Search the records below for the string "units" and copy each line where it turns up.

(Stored items from a collection)
☆ ☆ ☆ ☆ ☆ ☆ ☆

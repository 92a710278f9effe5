//! A text by numbers, where every name that it uses is defined.
ghost use Rattle.std.specs.Prelude.{◌≡◌, ◌+◌, ◌++◌, ◌∷◌, ◌<◌, ◌≤◌, ℕ, [], length, map, IfOk, IfErr, OnOk};
ghost use Rattle.tree_check.specs.Said.{names, uses, uses_in, basics, gates, top_in, gate_in, basic_in};
ghost use Rattle.tree_check.specs.Numbered.{numbered, numbered_gate};
ghost use Rattle.tree_check.specs.Classes.{undefined};
ghost use Rattle.tree_check.specs.Found.{IsFoundAs};
ghost use Rattle.tree_check.specs.Numbering.{IsDeckOf, AddsStatement};

use crate::numbered::{Numbered, NumberedGate, NumberedRow, NumberedText};
use crate::{CheckCode, CheckFault};
use galileo_tree::{Placed, RawGate, Statement};
use name_index::NameIndex;
use std::alloc::Global;

/// Adds a name that is used, by its number. `last` is that of the name used before it, behind which it may well stand.
fn number(
    row: &mut NumberedRow,
    index: &NameIndex<'_>,
    used: &Placed,
    last: &mut usize,
) -> Result<(), CheckFault>
    ensures row { OnOk result (row.new ≡ row.old ++ numbered index.now used.now ∷ []) }
    ensures known { OnOk result (undefined index.now (used.now ∷ []) ≡ []) }
    ensures fault { IfErr result (IsFoundAs CheckCode.Undefined (undefined index.now (used.now ∷ []))) }
{
    let number = index.number_near(&used.name, *last);
    if number == 0 {
        return Err(CheckFault::Fault(CheckCode::Undefined, used.place));
    }
    *last = number;
    row.push(Numbered {
        number,
        place: used.place,
    })?;
    Ok(())
}

/// Adds the numbers of the inputs of a gate.
fn number_inputs(
    row: &mut NumberedRow,
    index: &NameIndex<'_>,
    inputs: &[Placed],
    last: &mut usize,
) -> Result<(), CheckFault>
    ensures row { OnOk result (row.new ≡ row.old ++ map (numbered index.now) inputs.now) }
    ensures known { OnOk result (undefined index.now inputs.now ≡ []) }
    ensures fault { IfErr result (IsFoundAs CheckCode.Undefined (undefined index.now inputs.now)) }
{
    for input in inputs {
        number(row, index, input, last)?;
    }
    Ok(())
}

/// Adds a gate with the numbers of its inputs.
fn number_gate(
    gates: &mut Vec<NumberedGate>,
    alloc: Global,
    index: &NameIndex<'_>,
    gate: &RawGate,
    last: &mut usize,
) -> Result<(), CheckFault>
    ensures gate { OnOk result (gates.new.items ≡ gates.old.items ++ numbered_gate index.now gate.now ∷ []) }
    ensures known { OnOk result (undefined index.now gate.now.inputs ≡ []) }
    ensures fault { IfErr result (IsFoundAs CheckCode.Undefined (undefined index.now gate.now.inputs)) }
{
    let inputs = gate.inputs.as_slice();
    let mut row = NumberedRow::with_room(alloc, inputs.len())?;
    match number_inputs(&mut row, index, inputs, last) {
        Ok(()) => {
            gates.push(NumberedGate {
                kind: gate.kind,
                word: gate.word,
                name: gate.name.place,
                inputs: row,
            })?;
            Ok(())
        }
        Err(fault) => {
            drop(row);
            Err(fault)
        }
    }
}

impl NumberedText {
    /// Adds what one statement says.
    fn add(
        &mut self,
        alloc: Global,
        index: &NameIndex<'_>,
        statement: &Statement,
        last: &mut usize,
    ) -> Result<(), CheckFault>
        requires { self.old.units + 1 < 18446744073709551616 }
        ensures adds { OnOk result (AddsStatement index.now statement.now self.old self.new) }
        ensures known { OnOk result (undefined index.now (uses_in statement.now) ≡ []) }
        ensures fault { IfErr result (IsFoundAs CheckCode.Undefined (undefined index.now (uses_in statement.now))) }
    {
        match statement {
            Statement::Top(top) => number(&mut self.tops, index, &top.name, last),
            Statement::Gate(gate) => number_gate(&mut self.gates, alloc, index, gate, last),
            Statement::Basic(_) => {
                self.units += 1;
                Ok(())
            }
        }
    }

    /// Adds what each statement says, to a text that says nothing yet.
    fn add_all(
        &mut self,
        alloc: Global,
        index: &NameIndex<'_>,
        statements: &[Statement],
    ) -> Result<(), CheckFault>
        requires units { self.old.units ≡ 0 }
        requires gates { self.old.gates.items ≡ [] }
        requires tops { self.old.tops ≡ [] }
        ensures deck { OnOk result (IsDeckOf index.now statements.now self.new) }
        ensures few { OnOk result (self.new.units ≤ length statements.now) }
        ensures known { OnOk result (undefined index.now (uses statements.now) ≡ []) }
        ensures fault { IfErr result (IsFoundAs CheckCode.Undefined (undefined index.now (uses statements.now))) }
    {
        let mut last = 0;
        for statement in statements {
            self.add(alloc, index, statement, &mut last)?;
        }
        Ok(())
    }
}

/// The statements by numbers.
pub(crate) fn number_all(
    alloc: Global,
    index: &NameIndex<'_>,
    statements: &[Statement],
) -> Result<NumberedText, CheckFault>
    ensures deck { IfOk result (IsDeckOf index.now statements.now) }
    ensures few { IfOk result (λ deck. deck.units ≤ length statements.now) }
    ensures known { OnOk result (undefined index.now (uses statements.now) ≡ []) }
    ensures fault { IfErr result (IsFoundAs CheckCode.Undefined (undefined index.now (uses statements.now))) }
{
    let mut deck = NumberedText {
        units: 0,
        gates: Vec::new(alloc),
        tops: NumberedRow::new(alloc),
    };
    match deck.add_all(alloc, index, statements) {
        Ok(()) => Ok(deck),
        Err(fault) => {
            drop(deck);
            Err(fault)
        }
    }
}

☆ ☆ ☆ ☆ ☆ ☆ ☆

_Result for this task:_
        requires { self.old.units + 1 < 18446744073709551616 }
                self.units += 1;
        requires units { self.old.units ≡ 0 }
        ensures few { OnOk result (self.new.units ≤ length statements.now) }
    ensures few { IfOk result (λ deck. deck.units ≤ length statements.now) }
        units: 0,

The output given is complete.